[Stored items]
Segment Open

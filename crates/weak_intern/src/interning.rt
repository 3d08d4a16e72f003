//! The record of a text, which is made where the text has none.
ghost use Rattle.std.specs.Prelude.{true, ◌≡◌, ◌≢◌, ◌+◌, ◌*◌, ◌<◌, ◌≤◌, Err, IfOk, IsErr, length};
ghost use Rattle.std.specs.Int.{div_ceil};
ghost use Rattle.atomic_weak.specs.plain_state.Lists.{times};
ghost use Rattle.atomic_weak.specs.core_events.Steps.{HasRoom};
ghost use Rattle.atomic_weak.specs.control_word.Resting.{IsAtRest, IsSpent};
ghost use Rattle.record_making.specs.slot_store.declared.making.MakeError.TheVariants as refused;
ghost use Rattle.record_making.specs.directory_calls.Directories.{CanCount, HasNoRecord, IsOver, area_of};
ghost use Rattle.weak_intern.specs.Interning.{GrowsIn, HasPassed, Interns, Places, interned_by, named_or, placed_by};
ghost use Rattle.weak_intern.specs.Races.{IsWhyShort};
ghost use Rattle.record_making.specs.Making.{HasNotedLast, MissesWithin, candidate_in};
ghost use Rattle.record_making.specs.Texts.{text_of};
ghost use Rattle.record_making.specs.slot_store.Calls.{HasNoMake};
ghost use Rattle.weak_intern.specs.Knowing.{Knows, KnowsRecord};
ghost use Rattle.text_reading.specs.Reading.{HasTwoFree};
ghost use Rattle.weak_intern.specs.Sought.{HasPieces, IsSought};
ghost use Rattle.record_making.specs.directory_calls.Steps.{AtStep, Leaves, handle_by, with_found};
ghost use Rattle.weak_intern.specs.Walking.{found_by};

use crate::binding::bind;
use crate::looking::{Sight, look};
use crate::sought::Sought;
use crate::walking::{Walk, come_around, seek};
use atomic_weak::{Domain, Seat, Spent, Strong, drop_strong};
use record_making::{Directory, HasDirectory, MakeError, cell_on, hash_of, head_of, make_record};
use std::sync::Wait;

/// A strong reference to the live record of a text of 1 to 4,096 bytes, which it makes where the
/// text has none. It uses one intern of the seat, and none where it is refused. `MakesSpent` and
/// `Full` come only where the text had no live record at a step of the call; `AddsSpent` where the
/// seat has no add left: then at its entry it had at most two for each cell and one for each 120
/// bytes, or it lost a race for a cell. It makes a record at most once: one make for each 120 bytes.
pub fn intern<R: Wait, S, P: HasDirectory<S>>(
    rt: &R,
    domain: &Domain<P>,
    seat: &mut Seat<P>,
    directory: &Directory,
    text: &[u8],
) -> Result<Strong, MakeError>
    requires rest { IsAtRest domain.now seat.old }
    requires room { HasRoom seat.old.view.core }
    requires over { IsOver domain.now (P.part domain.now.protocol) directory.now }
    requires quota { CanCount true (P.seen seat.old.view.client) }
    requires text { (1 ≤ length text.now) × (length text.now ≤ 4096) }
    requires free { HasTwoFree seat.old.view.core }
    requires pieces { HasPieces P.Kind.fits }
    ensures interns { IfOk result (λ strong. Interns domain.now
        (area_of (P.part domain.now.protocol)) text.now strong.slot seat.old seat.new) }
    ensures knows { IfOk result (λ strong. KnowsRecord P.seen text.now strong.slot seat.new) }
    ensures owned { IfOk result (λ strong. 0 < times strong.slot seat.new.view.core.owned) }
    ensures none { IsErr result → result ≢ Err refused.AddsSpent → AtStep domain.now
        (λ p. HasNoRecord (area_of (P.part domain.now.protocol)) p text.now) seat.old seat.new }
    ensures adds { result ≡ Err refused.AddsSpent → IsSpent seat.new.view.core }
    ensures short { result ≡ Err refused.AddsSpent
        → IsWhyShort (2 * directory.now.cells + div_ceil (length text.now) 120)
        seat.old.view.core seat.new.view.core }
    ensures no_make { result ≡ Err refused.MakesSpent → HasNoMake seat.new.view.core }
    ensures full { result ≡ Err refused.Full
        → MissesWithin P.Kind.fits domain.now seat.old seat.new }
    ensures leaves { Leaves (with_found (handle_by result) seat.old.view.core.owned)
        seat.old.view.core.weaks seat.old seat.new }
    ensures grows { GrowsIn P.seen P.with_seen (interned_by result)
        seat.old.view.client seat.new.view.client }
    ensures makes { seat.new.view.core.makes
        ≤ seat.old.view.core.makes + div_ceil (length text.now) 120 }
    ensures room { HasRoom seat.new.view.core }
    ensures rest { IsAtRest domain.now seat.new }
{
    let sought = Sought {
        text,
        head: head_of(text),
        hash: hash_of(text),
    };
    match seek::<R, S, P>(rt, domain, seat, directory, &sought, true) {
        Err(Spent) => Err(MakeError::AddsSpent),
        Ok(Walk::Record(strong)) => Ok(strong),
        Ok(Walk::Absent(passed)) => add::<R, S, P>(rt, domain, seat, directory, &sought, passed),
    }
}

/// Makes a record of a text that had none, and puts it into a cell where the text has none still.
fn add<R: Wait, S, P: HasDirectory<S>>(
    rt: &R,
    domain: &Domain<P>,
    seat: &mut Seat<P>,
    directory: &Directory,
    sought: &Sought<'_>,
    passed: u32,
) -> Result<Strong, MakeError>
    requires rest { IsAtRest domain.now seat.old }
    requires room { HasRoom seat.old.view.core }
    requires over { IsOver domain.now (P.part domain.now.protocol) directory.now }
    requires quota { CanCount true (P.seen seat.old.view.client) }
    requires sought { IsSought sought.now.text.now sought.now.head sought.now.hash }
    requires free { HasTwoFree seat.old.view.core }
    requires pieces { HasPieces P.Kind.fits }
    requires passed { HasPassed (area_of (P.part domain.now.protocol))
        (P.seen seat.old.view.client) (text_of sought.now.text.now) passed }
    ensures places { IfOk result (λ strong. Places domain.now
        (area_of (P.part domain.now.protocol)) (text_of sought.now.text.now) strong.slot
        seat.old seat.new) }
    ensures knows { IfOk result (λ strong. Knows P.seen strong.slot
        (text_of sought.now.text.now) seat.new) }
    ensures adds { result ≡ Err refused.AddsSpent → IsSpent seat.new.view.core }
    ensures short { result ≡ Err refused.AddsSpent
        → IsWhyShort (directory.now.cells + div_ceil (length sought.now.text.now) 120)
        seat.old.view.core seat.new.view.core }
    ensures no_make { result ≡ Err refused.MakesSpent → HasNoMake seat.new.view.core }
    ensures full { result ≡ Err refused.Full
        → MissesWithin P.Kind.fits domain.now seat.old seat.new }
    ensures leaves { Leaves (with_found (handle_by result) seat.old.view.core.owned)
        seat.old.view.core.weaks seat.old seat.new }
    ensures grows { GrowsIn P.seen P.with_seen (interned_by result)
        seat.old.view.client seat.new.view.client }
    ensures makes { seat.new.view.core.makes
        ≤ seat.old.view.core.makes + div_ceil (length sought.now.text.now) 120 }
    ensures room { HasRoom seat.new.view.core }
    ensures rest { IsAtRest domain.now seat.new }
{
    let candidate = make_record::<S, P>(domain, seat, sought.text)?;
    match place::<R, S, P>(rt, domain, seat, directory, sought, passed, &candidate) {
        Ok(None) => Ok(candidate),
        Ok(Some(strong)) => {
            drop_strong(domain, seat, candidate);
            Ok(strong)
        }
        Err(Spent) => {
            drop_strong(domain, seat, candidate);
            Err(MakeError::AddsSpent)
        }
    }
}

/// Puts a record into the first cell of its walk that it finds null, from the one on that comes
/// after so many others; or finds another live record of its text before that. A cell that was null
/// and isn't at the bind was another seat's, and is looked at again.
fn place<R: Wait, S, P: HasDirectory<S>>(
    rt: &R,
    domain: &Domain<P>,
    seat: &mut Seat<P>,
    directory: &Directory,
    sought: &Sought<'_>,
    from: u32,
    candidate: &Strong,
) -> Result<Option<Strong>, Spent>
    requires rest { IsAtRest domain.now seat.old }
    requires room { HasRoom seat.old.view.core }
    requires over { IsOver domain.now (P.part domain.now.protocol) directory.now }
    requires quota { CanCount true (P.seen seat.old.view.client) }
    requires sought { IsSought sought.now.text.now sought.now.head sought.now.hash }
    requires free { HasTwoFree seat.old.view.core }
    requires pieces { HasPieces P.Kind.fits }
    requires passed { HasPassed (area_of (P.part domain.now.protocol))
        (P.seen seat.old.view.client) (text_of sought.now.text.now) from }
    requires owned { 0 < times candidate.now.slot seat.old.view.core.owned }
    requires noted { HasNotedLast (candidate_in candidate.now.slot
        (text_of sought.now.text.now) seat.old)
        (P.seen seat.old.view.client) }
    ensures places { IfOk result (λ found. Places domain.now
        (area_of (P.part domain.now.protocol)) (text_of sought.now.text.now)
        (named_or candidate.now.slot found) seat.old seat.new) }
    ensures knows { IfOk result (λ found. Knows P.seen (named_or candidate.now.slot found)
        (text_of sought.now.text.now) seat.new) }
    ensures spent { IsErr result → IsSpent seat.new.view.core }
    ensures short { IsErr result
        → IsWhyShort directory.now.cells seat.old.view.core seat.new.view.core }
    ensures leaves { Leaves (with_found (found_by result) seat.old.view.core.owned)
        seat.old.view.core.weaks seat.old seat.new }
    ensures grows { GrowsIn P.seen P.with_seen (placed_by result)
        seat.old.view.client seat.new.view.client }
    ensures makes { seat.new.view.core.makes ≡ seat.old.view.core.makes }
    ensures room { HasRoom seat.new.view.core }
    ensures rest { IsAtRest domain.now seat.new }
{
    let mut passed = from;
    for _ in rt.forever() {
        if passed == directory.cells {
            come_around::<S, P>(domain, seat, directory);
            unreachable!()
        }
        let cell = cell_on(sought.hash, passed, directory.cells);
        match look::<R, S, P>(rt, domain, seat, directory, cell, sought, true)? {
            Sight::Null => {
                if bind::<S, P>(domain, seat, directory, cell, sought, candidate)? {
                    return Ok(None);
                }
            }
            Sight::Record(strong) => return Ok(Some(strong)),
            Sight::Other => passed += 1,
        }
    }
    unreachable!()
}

Segment Closed

■ Problem statement
Each line that contains the string "Some" should be copied from the data above.

■ Finished exercise
        Ok(Some(strong)) => {
            Sight::Record(strong) => return Ok(Some(strong)),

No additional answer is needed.